+++ Data listing

// Lines, written into a lent buffer that has room for any of them.
ghost use Rattle.std.specs.Prelude.{◌≡◌, [], ◌∷◌, ◌+◌, ◌≤◌, length};
ghost use Rattle.conditions.specs.Text.{decimal};
ghost use Rattle.sheet.specs.Lines.{event_line, refusal_line, line_answer, line_written};
ghost use Rattle.sheet.specs.Plays.{field, head, Puts};

use book::{Answer, answer_number};
use conditions::{NoRoom, write_decimal};

// What show is lent.
pub(crate) const LENT: usize = 65536;

// The longest line that there can be.
pub const LONGEST_LINE: usize = 65560;

// A line, as far as it is written into the buffer that it is lent.
#[derive(Drop)]
pub(crate) struct Line<'a> {
    pub(crate) buf: &'a mut [u8],
    pub(crate) end: usize,
}

impl Line<'_> {
    // Puts one byte.
    pub(crate) fn byte(&mut self, b: u8)
        requires { self.old.end + 1 ≤ length self.old.buf.now }
        ensures { Puts self.old self.new (b ∷ []) }
    {
        self.buf[self.end] = b;
        self.end += 1;
    }

    // Puts these bytes.
    pub(crate) fn bytes(&mut self, text: &[u8])
        requires { self.old.end + length text.now ≤ length self.old.buf.now }
        ensures { Puts self.old self.new text.now }
    {
        let end = self.end + text.len();
        self.buf[self.end..end].copy_from_slice(text);
        self.end = end;
    }

    // Puts a number in decimal.
    pub(crate) fn decimal(&mut self, n: u64)
        requires { self.old.end + 20 ≤ length self.old.buf.now }
        ensures put { Puts self.old self.new (decimal n) }
        ensures upper_bound { self.new.end ≤ self.old.end + 20 }
    {
        self.end = write_decimal(n, self.buf, self.end).unwrap();
    }

    // Puts a space and a number.
    pub(crate) fn field(&mut self, n: u64)
        requires { self.old.end + 21 ≤ length self.old.buf.now }
        ensures put { Puts self.old self.new (field (decimal n)) }
        ensures upper_bound { self.new.end ≤ self.old.end + 21 }
    {
        self.byte(b' ');
        self.decimal(n);
    }

    // Puts the position and the answer number.
    pub(crate) fn head(&mut self, position: u64, answer: Answer)
        requires { self.old.end + 41 ≤ length self.old.buf.now }
        ensures put { Puts self.old self.new (head position answer) }
        ensures upper_bound { self.new.end ≤ self.old.end + 41 }
    {
        self.decimal(position);
        self.field(u64::from(answer_number(answer)));
    }

    // Puts the line of an event that prints nothing after its answer number.
    pub(crate) fn plain(&mut self, position: u64, answer: Answer)
        requires { self.old.end + 42 ≤ length self.old.buf.now }
        ensures put { Puts self.old self.new (event_line position answer []) }
        ensures upper_bound { self.new.end ≤ self.old.end + 42 }
    {
        self.head(position, answer);
        self.byte(b'\n');
    }
}

// Writes the line of a refused sheet at the buffer's start.
#[tactic(auto, unfolding(crate::specs::Lines::line_answer, crate::specs::Lines::line_written))]
pub fn write_refusal(answer: Answer, place: u64, buf: &mut [u8]) -> Result<usize, NoRoom>
    ensures value { result ≡ line_answer buf.old (refusal_line answer place) }
    ensures buf_after { buf.new ≡ line_written buf.old (refusal_line answer place) }
{
    if buf.len() < LONGEST_LINE {
        return Err(NoRoom);
    }
    let mut line = Line { buf, end: 0 };
    line.bytes(b"sheet");
    line.field(u64::from(answer_number(answer)));
    line.field(place);
    line.byte(b'\n');
    Ok(line.end)
}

++++++

> [Exercise instructions]
Above are some lines. Repeat exactly, and only, those from the line that has "Puts one byte." through the line that has "self.old self.new (decimal".

> [Answer to this problem]
    // Puts one byte.
    pub(crate) fn byte(&mut self, b: u8)
        requires { self.old.end + 1 ≤ length self.old.buf.now }
        ensures { Puts self.old self.new (b ∷ []) }
    {
        self.buf[self.end] = b;
        self.end += 1;
    }

    // Puts these bytes.
    pub(crate) fn bytes(&mut self, text: &[u8])
        requires { self.old.end + length text.now ≤ length self.old.buf.now }
        ensures { Puts self.old self.new text.now }
    {
        let end = self.end + text.len();
        self.buf[self.end..end].copy_from_slice(text);
        self.end = end;
    }

    // Puts a number in decimal.
    pub(crate) fn decimal(&mut self, n: u64)
        requires { self.old.end + 20 ≤ length self.old.buf.now }
        ensures put { Puts self.old self.new (decimal n) }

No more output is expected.